Dec 27, 2022 09:21 AM - edited Dec 27, 2022 10:30 AM
This is a Tell; not a Show.
Prompt engineering, also known as shaping prompts to get exactly what you want from GPT-3 and ChatGPT will eventually bite you.
This post is here only so that I can say 6 months from now - I tried to warn you.
The core model used by GPT-3 is text-davinci-003. GPT-4 is on the near horizon and it will be so much more advanced, the prompts you build into your applications today will be fundamentally useless with text-davinci-004.
Prompt engineering is also aptly referred to as "spell casting". You can cast spells on LLM's (large language models) quite easily to achieve favorable results. GP3, for example, glosses over intermediate steps to reach conclusions, often resulting in misleading or entirely wrong conclusions. It is especially poor at math and computations in excess of three digits. But, when you insert a simple phrase "step by step" into the prompt, it seems to get a lot smarter. In some cases, this simple prompt assertion can increase its intelligent five times.

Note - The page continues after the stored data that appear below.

//! The printed run: the text of what a client shows.
#![tactic(auto)]

pub mod effect;
pub mod error;
pub mod word;
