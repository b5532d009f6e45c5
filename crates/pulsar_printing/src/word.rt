//! Printed words and bytes.

ghost use Rattle.std.specs.Prelude.{◌≡◌, ◌∷◌, ◌<◌, ◌++◌, OnOk, string_bytes};
ghost use Rattle.pulsar_printing.specs.WordText.{hex, is_printed, printed, upper_digit, word};

use std::alloc::AllocError;

/// Letters, digits and `-._/:` are printed as they are.
fn is_printed(b: u8) -> bool
    ensures { result ≡ is_printed b }
{
    matches!(b, b'0'..=b'9' | b'A'..=b'Z' | b'a'..=b'z' | b'-' | b'.' | b'_' | b'/' | b':')
}

fn upper_digit(n: u8) -> u8
    requires { n < 16 }
    ensures value { result ≡ upper_digit n }
    ensures ascii { result < 128 }
{
    if n < 10 { b'0' + n } else { b'A' + (n - 10) }
}

/// A byte of a word.
fn push_byte(out: &mut String, b: u8) -> Result<(), AllocError>
    ensures { OnOk result (string_bytes out.new ≡ string_bytes out.old ++ printed b) }
{
    if is_printed(b) {
        return out.push(char::from(b));
    }
    out.push('%')?;
    out.push(char::from(upper_digit(b / 16)))?;
    out.push(char::from(upper_digit(b % 16)))
}

/// A word. The empty one is `%`.
pub fn push_word(out: &mut String, bytes: &[u8]) -> Result<(), AllocError>
    ensures { OnOk result (string_bytes out.new ≡ string_bytes out.old ++ word bytes.now) }
{
    if bytes.is_empty() {
        return out.push('%');
    }
    for b in bytes {
        push_byte(out, *b)?;
    }
    Ok(())
}

/// Bytes in hex. None are `%`.
pub fn push_hex(out: &mut String, bytes: &[u8]) -> Result<(), AllocError>
    ensures { OnOk result (string_bytes out.new ≡ string_bytes out.old ++ hex bytes.now) }
{
    if bytes.is_empty() {
        return out.push('%');
    }
    let text = hex::encode(*out.allocator(), bytes)?;
    out.push_str(&text)
}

The prompts engineered for GP2 by countless beta testers and practitioners representing hundreds of thousands of hours in effort, pretty much completely fail when applied to GP3.
NLP spell-casting is a brittle approach.
Dec 30, 2022 02:38 AM
This a very interesting topic! To start I wanted to highlight part of Wikipedia about ChatGPT:
"Its uneven factual accuracy was identified as a significant drawback." - I just love the uneven factual accuracy as term, we might adopt it in other areas of life as well.
In my code editor I have been using Copliot (based on GPT) for a while and it has been extremely timesaving, but I rarely use it for more than single / double line completion.
Last week I have used ChatGPT a couple of times to help me with some more advanced TypeScript types (instead of scouring Stackoverflow + TS docs). The results were useful but unevenly accurate... Sometimes through careful crafting of prompts I was able to get result, that looked exactly what I wanted it to be. Only to realize that transformation proposed by ChatGPT were how I wanted TypeScript to work, not how it really works.
I have not tried adding "step by step" or anything similar, but probably even then I will be safer with assumption that results will be unevenly factually accurate.